Work to be completed
Nothing but a number is expected: the count of lines in the data below that include "true".

(Items listed in a dataset)
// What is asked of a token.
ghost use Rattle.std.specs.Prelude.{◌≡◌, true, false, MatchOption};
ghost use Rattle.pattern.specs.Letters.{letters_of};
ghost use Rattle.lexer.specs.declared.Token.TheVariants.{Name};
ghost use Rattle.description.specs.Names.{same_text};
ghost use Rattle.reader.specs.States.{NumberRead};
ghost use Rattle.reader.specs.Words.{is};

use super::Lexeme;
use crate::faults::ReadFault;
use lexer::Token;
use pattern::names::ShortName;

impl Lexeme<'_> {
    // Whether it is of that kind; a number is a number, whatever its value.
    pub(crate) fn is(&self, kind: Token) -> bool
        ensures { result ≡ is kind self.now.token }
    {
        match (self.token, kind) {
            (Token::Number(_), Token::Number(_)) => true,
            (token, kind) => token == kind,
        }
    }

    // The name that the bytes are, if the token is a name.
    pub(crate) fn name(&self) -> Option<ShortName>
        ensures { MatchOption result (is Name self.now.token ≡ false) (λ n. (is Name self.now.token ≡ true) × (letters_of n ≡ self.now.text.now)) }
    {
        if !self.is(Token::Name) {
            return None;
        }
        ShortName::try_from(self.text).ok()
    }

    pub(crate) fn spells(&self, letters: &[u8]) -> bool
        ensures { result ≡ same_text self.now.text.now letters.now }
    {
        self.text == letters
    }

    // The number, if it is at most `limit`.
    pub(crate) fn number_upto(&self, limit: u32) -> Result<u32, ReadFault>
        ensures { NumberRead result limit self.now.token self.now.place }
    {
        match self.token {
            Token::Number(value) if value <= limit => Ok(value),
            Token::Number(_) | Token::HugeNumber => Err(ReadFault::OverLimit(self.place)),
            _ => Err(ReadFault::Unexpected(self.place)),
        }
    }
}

The completed task
3